Determine the count of lines in the data below that include the word "TypeUnmatched", and give nothing besides it.

(Collected data entries)
----------------

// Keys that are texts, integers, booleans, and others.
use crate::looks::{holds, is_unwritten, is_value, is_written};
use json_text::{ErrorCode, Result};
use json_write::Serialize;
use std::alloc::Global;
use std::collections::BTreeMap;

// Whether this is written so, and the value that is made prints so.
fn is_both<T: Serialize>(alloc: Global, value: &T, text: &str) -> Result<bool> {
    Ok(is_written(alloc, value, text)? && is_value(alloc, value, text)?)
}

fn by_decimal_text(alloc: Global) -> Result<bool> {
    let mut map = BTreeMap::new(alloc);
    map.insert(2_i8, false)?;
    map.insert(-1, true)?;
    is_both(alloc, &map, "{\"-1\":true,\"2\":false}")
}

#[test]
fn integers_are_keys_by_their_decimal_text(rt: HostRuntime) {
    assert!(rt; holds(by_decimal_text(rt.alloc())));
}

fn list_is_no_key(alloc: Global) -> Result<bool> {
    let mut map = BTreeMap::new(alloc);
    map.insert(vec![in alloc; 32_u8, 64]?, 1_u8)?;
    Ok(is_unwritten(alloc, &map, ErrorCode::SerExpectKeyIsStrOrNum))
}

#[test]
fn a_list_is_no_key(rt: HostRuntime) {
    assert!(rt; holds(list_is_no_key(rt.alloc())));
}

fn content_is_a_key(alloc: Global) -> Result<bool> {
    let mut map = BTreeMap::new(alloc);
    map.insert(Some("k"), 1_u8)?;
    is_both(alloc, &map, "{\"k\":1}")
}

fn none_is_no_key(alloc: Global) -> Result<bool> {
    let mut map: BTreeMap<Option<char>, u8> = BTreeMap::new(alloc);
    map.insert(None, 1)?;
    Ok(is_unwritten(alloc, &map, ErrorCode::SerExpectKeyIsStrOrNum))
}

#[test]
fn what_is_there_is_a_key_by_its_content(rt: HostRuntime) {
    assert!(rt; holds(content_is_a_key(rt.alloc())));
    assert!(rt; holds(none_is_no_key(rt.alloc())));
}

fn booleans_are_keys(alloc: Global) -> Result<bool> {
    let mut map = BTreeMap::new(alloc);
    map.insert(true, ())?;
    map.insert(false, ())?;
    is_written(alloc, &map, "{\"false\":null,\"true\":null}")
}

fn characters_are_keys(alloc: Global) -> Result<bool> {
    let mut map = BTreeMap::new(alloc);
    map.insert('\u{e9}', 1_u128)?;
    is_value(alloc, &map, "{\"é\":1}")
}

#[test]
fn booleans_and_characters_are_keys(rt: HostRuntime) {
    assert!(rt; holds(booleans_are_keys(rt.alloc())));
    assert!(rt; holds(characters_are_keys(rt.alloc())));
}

----------------

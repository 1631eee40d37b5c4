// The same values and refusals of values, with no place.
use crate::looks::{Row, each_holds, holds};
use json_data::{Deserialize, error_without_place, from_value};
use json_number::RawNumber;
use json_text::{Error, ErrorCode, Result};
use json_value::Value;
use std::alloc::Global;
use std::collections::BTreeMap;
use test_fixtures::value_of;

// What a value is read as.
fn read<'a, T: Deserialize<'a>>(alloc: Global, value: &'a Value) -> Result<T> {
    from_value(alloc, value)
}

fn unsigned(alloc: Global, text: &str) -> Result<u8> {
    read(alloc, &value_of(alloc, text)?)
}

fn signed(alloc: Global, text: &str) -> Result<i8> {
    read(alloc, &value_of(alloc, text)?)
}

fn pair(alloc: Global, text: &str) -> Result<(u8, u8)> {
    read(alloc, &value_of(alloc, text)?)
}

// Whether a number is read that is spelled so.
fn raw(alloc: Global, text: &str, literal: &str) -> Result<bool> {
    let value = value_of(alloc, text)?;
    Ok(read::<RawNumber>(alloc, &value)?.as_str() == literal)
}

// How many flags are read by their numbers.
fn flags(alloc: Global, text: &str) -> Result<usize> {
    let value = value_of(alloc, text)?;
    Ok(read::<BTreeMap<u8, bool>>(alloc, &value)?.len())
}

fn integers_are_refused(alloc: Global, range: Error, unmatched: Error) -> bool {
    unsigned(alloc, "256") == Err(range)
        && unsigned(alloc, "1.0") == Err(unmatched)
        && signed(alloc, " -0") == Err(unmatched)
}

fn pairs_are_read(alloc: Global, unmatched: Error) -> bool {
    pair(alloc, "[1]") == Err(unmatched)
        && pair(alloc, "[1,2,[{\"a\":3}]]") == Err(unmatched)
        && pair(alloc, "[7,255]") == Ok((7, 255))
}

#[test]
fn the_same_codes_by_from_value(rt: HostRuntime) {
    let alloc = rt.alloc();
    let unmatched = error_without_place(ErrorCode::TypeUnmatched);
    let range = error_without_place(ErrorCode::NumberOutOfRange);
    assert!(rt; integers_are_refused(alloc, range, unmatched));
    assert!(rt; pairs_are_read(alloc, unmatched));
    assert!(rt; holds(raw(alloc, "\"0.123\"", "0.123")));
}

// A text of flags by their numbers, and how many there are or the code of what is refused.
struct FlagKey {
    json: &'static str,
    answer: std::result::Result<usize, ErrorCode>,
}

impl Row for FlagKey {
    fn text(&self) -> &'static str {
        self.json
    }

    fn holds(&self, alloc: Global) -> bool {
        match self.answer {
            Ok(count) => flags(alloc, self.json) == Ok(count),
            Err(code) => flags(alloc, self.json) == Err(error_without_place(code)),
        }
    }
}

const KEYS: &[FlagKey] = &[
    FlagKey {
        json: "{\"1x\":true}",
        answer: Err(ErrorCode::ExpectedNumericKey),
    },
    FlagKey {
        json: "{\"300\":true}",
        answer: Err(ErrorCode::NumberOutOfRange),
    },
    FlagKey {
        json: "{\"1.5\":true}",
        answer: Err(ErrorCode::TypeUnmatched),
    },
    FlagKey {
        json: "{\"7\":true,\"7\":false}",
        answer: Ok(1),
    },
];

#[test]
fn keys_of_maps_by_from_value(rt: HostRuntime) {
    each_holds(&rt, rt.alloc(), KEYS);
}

----------------

▶ WRITTEN ANSWER
2